Stored data entries:
========================
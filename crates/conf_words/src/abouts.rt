// The argument of the words that change a store that says who makes the change, when and why.
ghost use Rattle.std.specs.Prelude.{◌≡◌, false, IfOk, IfErr};
ghost use Rattle.conf_words.specs.Abouts.{IsAboutIn, IsUnaskedFor, about_is_wrong};

use crate::refusal::{OTHER, Unasked};
use command_line::{Argument, Form, Matches, Relation};
use conf_about::{About, AboutFault, abouts_have_no_fault};
use std::alloc::{AllocError, Global};

/// The argument that says something of a change; of `log`, the one that names a key of what is said.
pub(crate) const ABOUT: &str = "about";

pub(crate) const ABOUT_ARGUMENT: Argument = Argument {
    name: ABOUT,
    help: "Records TEXT under KEY with the change, as by=ann; may be given again",
    form: Form::Words("KEY=TEXT"),
    relation: Relation::Free,
};

/// What the words say of a change; `None` if they say nothing.
pub(crate) fn about_of(alloc: Global, words: &Matches<'_>) -> Result<Option<About>, Unasked>
    ensures ok { IfOk result (λ about.
        (about_is_wrong words.now ≡ false) × IsAboutIn words.now about) }
    ensures refused { IfErr result (IsUnaskedFor (about_is_wrong words.now)) }
{
    abouts_have_no_fault();
    let pairs = match words.texts(alloc, ABOUT) {
        Ok(pairs) => pairs,
        Err(AllocError) => return Err(Unasked::OutOfMemory),
    };
    if pairs.is_empty() {
        return Ok(None);
    }
    match About::of_words(alloc, &pairs) {
        Ok(about) => Ok(Some(about)),
        Err(fault) => Err(unasked_for(fault)),
    }
}

/// Why words that give no about ask for nothing.
fn unasked_for(fault: AboutFault) -> Unasked
    ensures { fault ≡ AboutFault.OutOfMemory → result ≡ Unasked.OutOfMemory }
{
    Unasked::Because(match fault {
        AboutFault::NoKey => "--about needs KEY=TEXT",
        AboutFault::LongKey => "a KEY of --about may have 64 characters",
        AboutFault::TooMany => "--about may be given 16 times",
        AboutFault::Twice => "--about is given twice with one KEY",
        AboutFault::TooLarge => "what --about gives may have 4096 bytes as a YAML mapping",
        AboutFault::NoMapping | AboutFault::NoText => OTHER,
        AboutFault::OutOfMemory => return Unasked::OutOfMemory,
    })
}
========================
### [EXERCISE AIM]
Reproduce every record exactly, line by line.

### [RESPONSE TO THIS EXERCISE]
filename crates/conf_words/src/abouts.rt
// The argument of the words that change a store that says who makes the change, when and why.
ghost use Rattle.std.specs.Prelude.{◌≡◌, false, IfOk, IfErr};
ghost use Rattle.conf_words.specs.Abouts.{IsAboutIn, IsUnaskedFor, about_is_wrong};

use crate::refusal::{OTHER, Unasked};
use command_line::{Argument, Form, Matches, Relation};
use conf_about::{About, AboutFault, abouts_have_no_fault};
use std::alloc::{AllocError, Global};

/// The argument that says something of a change; of `log`, the one that names a key of what is said.
pub(crate) const ABOUT: &str = "about";

pub(crate) const ABOUT_ARGUMENT: Argument = Argument {
    name: ABOUT,
    help: "Records TEXT under KEY with the change, as by=ann; may be given again",
    form: Form::Words("KEY=TEXT"),
    relation: Relation::Free,
};

/// What the words say of a change; `None` if they say nothing.
pub(crate) fn about_of(alloc: Global, words: &Matches<'_>) -> Result<Option<About>, Unasked>
    ensures ok { IfOk result (λ about.
        (about_is_wrong words.now ≡ false) × IsAboutIn words.now about) }
    ensures refused { IfErr result (IsUnaskedFor (about_is_wrong words.now)) }
{
    abouts_have_no_fault();
    let pairs = match words.texts(alloc, ABOUT) {
        Ok(pairs) => pairs,
        Err(AllocError) => return Err(Unasked::OutOfMemory),
    };
    if pairs.is_empty() {
        return Ok(None);
    }
    match About::of_words(alloc, &pairs) {
        Ok(about) => Ok(Some(about)),
        Err(fault) => Err(unasked_for(fault)),
    }
}

/// Why words that give no about ask for nothing.
fn unasked_for(fault: AboutFault) -> Unasked
    ensures { fault ≡ AboutFault.OutOfMemory → result ≡ Unasked.OutOfMemory }
{
    Unasked::Because(match fault {
        AboutFault::NoKey => "--about needs KEY=TEXT",
        AboutFault::LongKey => "a KEY of --about may have 64 characters",
        AboutFault::TooMany => "--about may be given 16 times",
        AboutFault::Twice => "--about is given twice with one KEY",
        AboutFault::TooLarge => "what --about gives may have 4096 bytes as a YAML mapping",
        AboutFault::NoMapping | AboutFault::NoText => OTHER,
        AboutFault::OutOfMemory => return Unasked::OutOfMemory,
    })
}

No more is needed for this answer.